Draghi quer banca a emprestar a custo zero. Porque é que em Portugal se vai cobrar 3%?

Ex-presidente do BCE pede aos bancos para emprestarem dinheiro a custo zero às empresas. Em Portugal, vão ser cobradas taxas de 3% nas linhas de crédito anunciadas pelo Governo. Porquê?

Mario Draghi, antigo presidente do Banco Central Europeu (BCE), deixou esta quinta-feira um apelo aos bancos: “Emprestem dinheiro a custo zero a empresas preparadas para salvar empregos”.

É um pedido de quem liderou o supervisor da banca europeia nos últimos anos e de quem sabe melhor do que ninguém a crise que a Europa se prepara para enfrentar por causa da pandemia do coronavírus. “O custo das garantias não deve ter por base o risco de crédito da empresa, mas deve ser zero, independentemente do custo de financiamento do Governo que as emite”, reforçou o italiano num artigo de opinião publicado no Financial Times.

Apesar do tom sério de Draghi, este é um cenário praticamente impossível em Portugal.
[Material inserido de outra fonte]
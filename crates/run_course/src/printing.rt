//! Entries that print.
ghost use Rattle.std.specs.Prelude.{◌≡◌, ◌≢◌, ◌<◌, ◌+◌, ◌⊎◌, [], ℕ, List, None, OnOk, OnErr, length};
ghost use Rattle.hs_io.specs.Causes.{HasCause, Rose};
ghost use Rattle.hs_io.specs.Outside.{Puts};
ghost use Rattle.hs_rules.specs.Histories.{steps_of};
ghost use Rattle.run_course.specs.declared.history.acts.Next.TheVariants as next;
ghost use Rattle.run_course.specs.history.Acts.{entry_of};
ghost use Rattle.run_course.specs.history.Pieces.{IsPiece};
ghost use Rattle.run_course.specs.history.Records.{IsNext, Same};
ghost use Rattle.run_course.specs.Told.{Both, OneFailed, Counted};
ghost use Rattle.run_course.specs.Settled.{Acted};

use crate::course::Course;
use crate::ends::RunEnd;
use crate::history::{NextEntry, PrintedPiece, Stream};
use hs_base::NoMemory;
use hs_io::{Clock, Failed, Sink};

/// Puts a piece that isn't empty.
fn put<S: Sink>(sink: &mut S, bytes: &[u8]) -> Result<(), Failed>
    ensures told { Puts (S.told sink.old) (S.told sink.new) result bytes.now }
    ensures cause { HasCause (S.faults sink.old) (S.faults sink.new) result }
    ensures some { OnErr result (bytes.now ≢ []) }
{
    if bytes.is_empty() {
        return Ok(());
    }
    sink.put(bytes)
}

/// Puts what there is to its stream.
fn put_piece<O: Sink, E: Sink>(
    piece: &Option<PrintedPiece>,
    out: &mut O,
    err: &mut E,
) -> Result<(), Failed>
    ensures ok { OnOk result ((output errors : List ℕ) → IsPiece piece.now output errors → Both (O.told out.old) (O.told out.new) (E.told err.old) (E.told err.new) output errors) }
    ensures failed { OnErr result ((output errors : List ℕ) → IsPiece piece.now output errors → OneFailed (O.told out.old) (O.told out.new) (E.told err.old) (E.told err.new) output errors) }
    ensures rose { OnErr result (Rose (O.faults out.old) (O.faults out.new) ⊎ Rose (E.faults err.old) (E.faults err.new)) }
    ensures calm { OnOk result ((O.faults out.new ≡ O.faults out.old) × (E.faults err.new ≡ E.faults err.old)) }
    ensures counted { Counted (O.faults out.old) (O.faults out.new) (E.faults err.old) (E.faults err.new) }
{
    match piece {
        None => Ok(()),
        Some(piece) => match piece.stream {
            Stream::Output => put(out, &piece.bytes),
            Stream::Errors => put(err, &piece.bytes),
        },
    }
}

/// How many bytes a piece has.
fn length_of(piece: &Option<PrintedPiece>) -> usize
    ensures { (output errors : List ℕ) → IsPiece piece.now output errors → result ≡ length output + length errors }
{
    match piece {
        None => 0,
        Some(piece) => piece.bytes.len(),
    }
}

impl<O: Sink, E: Sink, K: Clock> Course<O, E, K> {
    /// Appends the entry of an act and puts what it prints, or sets the ending where it would exceed a limit or a put fails.
    pub fn act(&mut self, act: NextEntry) -> Result<(), NoMemory>
        requires none { self.old.end ≡ None }
        requires next { IsNext (next.Act act) self.old.clocked.record }
        requires fuel { steps_of self.old.clocked.record.history.list < self.old.clocked.record.fuel }
        ensures ok { OnOk result (Acted (entry_of act) self.new.end self.old.clocked.record self.new.clocked.record) }
        ensures err { OnErr result (Same self.old.clocked.record self.new.clocked.record × (self.new.end ≡ None)) }
        ensures still { self.new.clocked.record.history.list ≡ self.old.clocked.record.history.list → (self.new.out ≡ self.old.out) × (self.new.err ≡ self.old.err) }
        ensures clock { (self.new.clocked.clock ≡ self.old.clocked.clock) × (self.new.clocked.lent ≡ self.old.clocked.lent) }
        ensures lent { (self.new.out_lent ≡ self.old.out_lent) × (self.new.err_lent ≡ self.old.err_lent) }
    {
        let piece = self.clocked.record.piece(act)?;
        let bytes = length_of(&piece);
        if let Some(kind) = self.clocked.act(act, bytes)? {
            self.end = Some(RunEnd::Limit(kind, act.entry()));
            return Ok(());
        }
        if put_piece(&piece, &mut self.out, &mut self.err).is_err() {
            self.end = Some(RunEnd::Write);
        }
        Ok(())
    }
}
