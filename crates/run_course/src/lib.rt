//! A run that goes on: its history beside its clock, its ending, and the sinks that it prints to.
//!
//! To a contract a `Course` is a record beside its clock (`clocked`), the ending that was set, if any, and the sinks, now
//! and as they were lent. It keeps that the sinks were told what the history prints (`specs/Told`), and that an ending comes
//! only for its cause (`specs/Endings`). `settle` appends entries until nothing is legal but Ticks and local rules of threads
//! that are to do an action (`specs/Settled`); `accept` appends the local rules of a slice. Both set the ending that then
//! holds. Each entry that prints puts its bytes as one piece in the call that appends it.
//!
//! The promise: after an ending nothing is appended, and after a failed put nothing is put. Where memory runs out in `settle`
//! the run is as before the step that was refused, and the ending is Memory. Who makes slices is left to the caller.
//!
//! Parts with a head of their own: `history`, a history that is a run of a script, and the world that stands for
//! the state that it leaves; `clocked`, a run beside the clock that it goes by.
#![tactic(auto)]

pub mod clocked;
mod course;
mod ends;
pub mod history;
mod printing;
mod settling;

pub use course::Course;
pub use ends::RunEnd;
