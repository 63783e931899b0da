//! The text of the Haskell module that a script is printed as.
//!
//! To a contract a module is the list of its bytes. The promise: what is written is exactly the module of the script's tree
//! (`module_text` of `specs/Modules`), where want of memory alone is free; no two names of a script are one in the module, and none is a
//! word of Haskell or a name that the module or the support module has (`laws.rt`). That the module means what the script means is left
//! to the runs that hold it against the list of outcomes.
#![tactic(auto)]

mod actions;
mod exprs;
mod laws;
mod module;
mod names;
mod pieces;
mod types;

pub use laws::{names_are_no_other_words, names_stay_apart};
pub use module::write_module;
Se os empresários quiserem aceder às novas linhas de crédito de três mil milhões de euros que o Governo anunciou há uma semana vão ter de suportar encargos na ordem dos 3% quando forem aos bancos, de acordo com as condições protocoladas.

Em causa estão vários custos que as empresas portuguesas terão necessariamente de assumir: taxas de spread (a margem comercial dos bancos) entre 1% a 1,5%, acrescidas de uma comissão de gestão do processo de crédito de 0,5% e de uma taxa de 1% para a sociedade de garantia mútua.

“3% no momento em que estamos a viver é muito”, admitiu Miguel Maya, presidente do BCP, que fez questão de frisar que o banco cobrará apenas entre 1% e 1,5% aos seus clientes, enquanto 1% diz respeito à garantia.

Em declarações no programa “Negócios da Semana”, da SIC Notícias, adiantou que o BCP “vai fazer uma gestão equilibrada do preço”, tendo em conta “a complexidade do processo e o risco dos clientes”. Mas mais não pode fazer porque o banco também tem de suportar custos, como encargos regulatórios. “Quem é que paga os 47 milhões que o BCP paga ao fundo de resolução?”, lembrou Maya.

Além do risco do cliente, da dimensão do empréstimo e das garantias envolvidas, também custo de funding do banco entra nesta equação. O custo do funding corresponde ao valor que banco paga para se financiar no mercado com o dinheiro que vai depois emprestar aos clientes.

No caso do BCP, esse custo situou-se nos 0,26% em 2019. Ou seja, na prática, se o BCP cobrasse 0% pelos empréstimos como pede Draghi, o banco estaria já a perder dinheiro uma vez que o mercado lhe cobra 0,26%.

No Novo Banco, o custo de funding é mais elevado, na ordem dos 0,43%. “É a partir deste valor que se teria de colocar os 1,2% de custo operativo, o que já dá um custo superior a 1,5%, que é o que está em cima da mesa”, adiantou António Ramalho no mesmo programa.

O presidente do Novo Banco sublinhou que a exigência das autoridades europeias relativamente ao custo da garantia eleva bastante a taxa final. Ainda assim, garante que há agora “um conforto diferente face a 2011”, altura da crise financeira, em que os bancos financiaram as empresas a 8% e 9%, por não haver liquidez disponível no mercado.

Nesse sentido, o presidente do Novo Banco também não acredita que seja o fator preço a dissuadir os empresários de acederem às linhas de crédito, conseguindo assim manter as empresas abertas e protegendo os postos de trabalho.

“Não vão fechar as empresas, pelo contrário. Aquilo que vimos todos os dias nos empresários é uma vontade significativa de colaborarem. Também eles estão muito preocupados nestes tempos em que o volume de receitas desce de uma forma abissal”, disse.